If we remove all electrons from a conductor, how can the positive charge rearrange itself? Explanations of conductors in electrostatics that I have encountered seem to describe positive charge spreading out, because you could say that lack of electrons can be thought of as abundance of protons (that in itself is not trivial to me- can any system of negative charges be replaced by another system of positive charges, creating identical field lines?).
If we theoretically removed all electrons from the conductor (this is theoretically possible, isn't it?) I would be left with a bunch of stationary positive charges (as the protons of the atoms) which are spread somewhat evenly across the volume of the conductor (and not the surface, as would have happened with mobile positive charges). As far as I know, this make electric field inside possible, which is not what textbooks and lectures indicate that happens.

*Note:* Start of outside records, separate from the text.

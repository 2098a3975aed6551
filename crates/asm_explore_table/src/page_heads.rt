//! The heads of the table of a page.
ghost use Rattle.std.specs.Prelude.{◌≡◌, ◌+◌, ◌<◌, ◌++◌, [], All, cond, OnOk};
ghost use Rattle.std.specs.List.{flat_map};
ghost use Rattle.asm_state.specs.Signature.{count_of};
ghost use Rattle.asm_syntax.specs.code.Views.{spec_of};
ghost use Rattle.asm_check.specs.Shapes.{shape_of};
ghost use Rattle.asm_explore_table.specs.Pages.{arguments_cell, arguments_row, chosen_head, function_head as head_of_function, function_heads, functions_row, more_of_function as more_columns_of, rows_spanned, step_head, table_head};

use crate::heads::{arguments_head, function_at, function_head};
use crate::page_cells::push_head_cell;
use crate::page_columns::{PageColumn, more_of_function};
use crate::page_text::{push_decimal, push_escaped};
use asm_check::Checked;
use std::alloc::{AllocError, Global};

/// Adds that a head spans both rows, which there are if there is a column.
fn push_rows_spanned(out: &mut Vec<u8>, columns: &[PageColumn]) -> Result<(), AllocError>
    ensures { OnOk result (out.new.items ≡ out.old.items ++ rows_spanned columns.now) }
{
    match columns {
        [] => Ok(()),
        [..] => out.extend_from_slice(b" rowspan=\"2\""),
    }
}

/// Adds the head of the steps.
fn push_step_head(out: &mut Vec<u8>, columns: &[PageColumn]) -> Result<(), AllocError>
    ensures { OnOk result (out.new.items ≡ out.old.items ++ step_head columns.now) }
{
    out.extend_from_slice(b"<th class=\"step\"")?;
    push_rows_spanned(out, columns)?;
    out.extend_from_slice(b">step</th>")
}

/// Adds the head of what is chosen, if the table has it.
fn push_chosen_head(
    out: &mut Vec<u8>,
    chooses: bool,
    columns: &[PageColumn],
) -> Result<(), AllocError>
    ensures { OnOk result (out.new.items ≡ out.old.items ++ chosen_head chooses columns.now) }
{
    if !chooses {
        return Ok(());
    }
    out.extend_from_slice(b"<th")?;
    push_rows_spanned(out, columns)?;
    out.extend_from_slice(b">chosen</th>")
}

/// Adds the head of a function above so many columns, the first of which is this one.
fn push_function_head(
    alloc: Global,
    out: &mut Vec<u8>,
    checked: &Checked,
    column: PageColumn,
    count: usize,
) -> Result<(), AllocError>
    requires { column.location < count_of (shape_of (spec_of checked.now.spec)) }
    ensures { OnOk result (out.new.items ≡ out.old.items ++ head_of_function (spec_of checked.now.spec) column count) }
{
    let function = function_at(alloc, checked, column.location)?;
    let name = function_head(alloc, checked, function)?;
    out.extend_from_slice(b"<th class=\"group\" colspan=\"")?;
    push_decimal(alloc, out, count as u64)?;
    out.extend_from_slice(b"\">")?;
    push_escaped(out, name.as_slice())?;
    out.extend_from_slice(b"</th>")
}

/// Adds the head of the function of a column, if it is the first one of that, before these columns.
fn push_if_first(
    alloc: Global,
    out: &mut Vec<u8>,
    checked: &Checked,
    column: PageColumn,
    more: &[PageColumn],
) -> Result<(), AllocError>
    requires { column.location < count_of (shape_of (spec_of checked.now.spec)) }
    ensures { OnOk result (out.new.items ≡ out.old.items ++ cond column.is_first (head_of_function (spec_of checked.now.spec) column (more_columns_of more.now + 1)) []) }
{
    if !column.is_first {
        return Ok(());
    }
    push_function_head(alloc, out, checked, column, more_of_function(more) + 1)
}

/// Adds the heads of the functions.
fn push_function_heads(
    alloc: Global,
    out: &mut Vec<u8>,
    checked: &Checked,
    columns: &[PageColumn],
) -> Result<(), AllocError>
    requires { All (λ c. c.location < count_of (shape_of (spec_of checked.now.spec))) columns.now }
    ensures { OnOk result (out.new.items ≡ out.old.items ++ function_heads (spec_of checked.now.spec) columns.now) }
{
    for k in 0..columns.len() {
        push_if_first(alloc, out, checked, columns[k], &columns[k + 1..])?;
    }
    Ok(())
}

/// Adds the arguments of each location.
fn push_arguments(
    alloc: Global,
    out: &mut Vec<u8>,
    checked: &Checked,
    columns: &[PageColumn],
) -> Result<(), AllocError>
    requires { All (λ c. c.location < count_of (shape_of (spec_of checked.now.spec))) columns.now }
    ensures { OnOk result (out.new.items ≡ out.old.items ++ flat_map (arguments_cell (spec_of checked.now.spec)) columns.now) }
{
    for k in 0..columns.len() {
        let head = arguments_head(alloc, checked, columns[k].location)?;
        push_head_cell(out, columns[k], head.as_slice())?;
    }
    Ok(())
}

/// Adds the row with the arguments, if there are columns.
fn push_arguments_row(
    alloc: Global,
    out: &mut Vec<u8>,
    checked: &Checked,
    columns: &[PageColumn],
) -> Result<(), AllocError>
    requires { All (λ c. c.location < count_of (shape_of (spec_of checked.now.spec))) columns.now }
    ensures { OnOk result (out.new.items ≡ out.old.items ++ arguments_row (spec_of checked.now.spec) columns.now) }
{
    if columns.is_empty() {
        return Ok(());
    }
    out.extend_from_slice(b"<tr>")?;
    push_arguments(alloc, out, checked, columns)?;
    out.extend_from_slice(b"</tr>\n")
}

/// Adds the row with the functions.
fn push_functions_row(
    alloc: Global,
    out: &mut Vec<u8>,
    checked: &Checked,
    chooses: bool,
    columns: &[PageColumn],
) -> Result<(), AllocError>
    requires { All (λ c. c.location < count_of (shape_of (spec_of checked.now.spec))) columns.now }
    ensures { OnOk result (out.new.items ≡ out.old.items ++ functions_row (spec_of checked.now.spec) chooses columns.now) }
{
    out.extend_from_slice(b"<tr>")?;
    push_step_head(out, columns)?;
    push_chosen_head(out, chooses, columns)?;
    push_function_heads(alloc, out, checked, columns)?;
    out.extend_from_slice(b"</tr>\n")
}

/// Adds both rows of heads.
pub(crate) fn push_table_head(
    alloc: Global,
    out: &mut Vec<u8>,
    checked: &Checked,
    chooses: bool,
    columns: &[PageColumn],
) -> Result<(), AllocError>
    requires { All (λ c. c.location < count_of (shape_of (spec_of checked.now.spec))) columns.now }
    ensures { OnOk result (out.new.items ≡ out.old.items ++ table_head (spec_of checked.now.spec) chooses columns.now) }
{
    out.extend_from_slice(b"<thead>\n")?;
    push_functions_row(alloc, out, checked, chooses, columns)?;
    push_arguments_row(alloc, out, checked, columns)?;
    out.extend_from_slice(b"</thead>\n")
}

What would happen in reality?
 A: You will not be able to remove all the electrons of any conductor no matter what kind... The removal of electrons from any conductor comes from the valence electrons of the atoms in particular from the one electron most weakly connected to the nucleus. 
As you keep going, removing more and more electrons from the conductor, I think you should reach a point on which, the conductor will break apart as far as the interatomic/molecular forces that keep their atoms/molecules together are overwhelmed by the coulombian force between the positive charges in this atoms/molecules.
A: If you suddenly removed all the electrons from a piece of material, or even just the valence electrons, you would be left with a huge concentration of positive ions in a small volume, which would exert a huge electrostatic repulsion on each other. Since you no longer have the bonding influence of the electrons to counteract this repulsion, the material would blast apart, in very short order, in a process that's known as a Coulomb explosion.
To put some numbers into things, suppose that you have one cubic millimeter of iron, and you suddenly remove one electron per atom. This turns out to be about $0.00014\:\mathrm{mol}$ of iron, but because Avogadro's number is so huge, that's about $8.491\times 10^{19}$ electrons, and a corresponding charge of about $13.6\:\rm C$ in the sphere, an electrostatic charge distribution that holds about $1.6\times 10^{15}\:\rm J$ of energy, or about $385$ kilotons of TNT, i.e. about twenty times bigger than the explosion that flattened Hiroshima.
(And, obviously, that's the amount of energy that you will need to put in to be able to suddenly remove all of those electrons. In more human terms, that's a $1\:\rm GW$ power station running nonstop for 18 days. And, as mentioned in the comments, this amount of energy represents about twenty times more than the original rest mass of the iron.)
That said, if you scale things down significantly, then Coulomb explosions can become quite reasonable things and indeed important research tools. Normally you do this with small(ish) molecules and atomic clusters (so, from a few to a few hundred atoms), where you have a few hundred electrons or so (instead of tens of quintillions), and you remove them with a high-intensity, high-photon-energy beam coming from a free-electron laser (FEL). In the process you might then get single-molecule x-ray diffraction spectra, information about the initial structure from where the atoms flew off to after the explosion, or you might just learn about the physics of the ionization and explosion processes. For a nice overview, see these slides by Christoph Bostedt, or the papers in this google search.
A: The key to the answer is where you equate a lack of electrons with an abundance of protons. That is a very misleading analogy. The correct analogy is actually to equate electrons (carriers of a negative charge) with holes (which is the absence of an electron where one should be. Holes are positively charged).
Protons are fixed in place (at least in a solid, and if you ignore Brownian motion and the like). They are "frozen" into the nucleus of each atom.
One gram of copper, or one centimeter of copper wire, contains a specific number of atoms, and therefore a specific number of protons, and that doesn't change no matter what.
Now in a neutral substance, there is one electron for each proton on average. Individual atoms can lose one electron, or even two, and that makes them positive ions. However, when that happens, these ions have a strong attractive force on electrons. Removing the first electron from a neutral atom tends to be easy (in a conductor). Removing a second one becomes more difficult, and removing a third electron, or even more, becomes incrementally more difficult, and eventually impossible simply because the atom becomes more and more positively charged, and therefore attractive to electrons.
But hypothetically assume that you could remove all electrons from your conductor, and you could prevent electrons from the surrounding air to get back in. The first thing that would happen is that all the remaining atomic nuclei would repel each other. Your conductor would disintegrate (probably with a huge explosion).
Now if you could prevent that, too, you still couldn't have an electric field. An electric field exists between two charges. An electron does not "have" an electric field. A proton does not have an electric field.
So if you could remove all electrons from a conductor (which you can't), and could prevent it from flying apart (which you can't), there would be nothing left that could generate an electric field.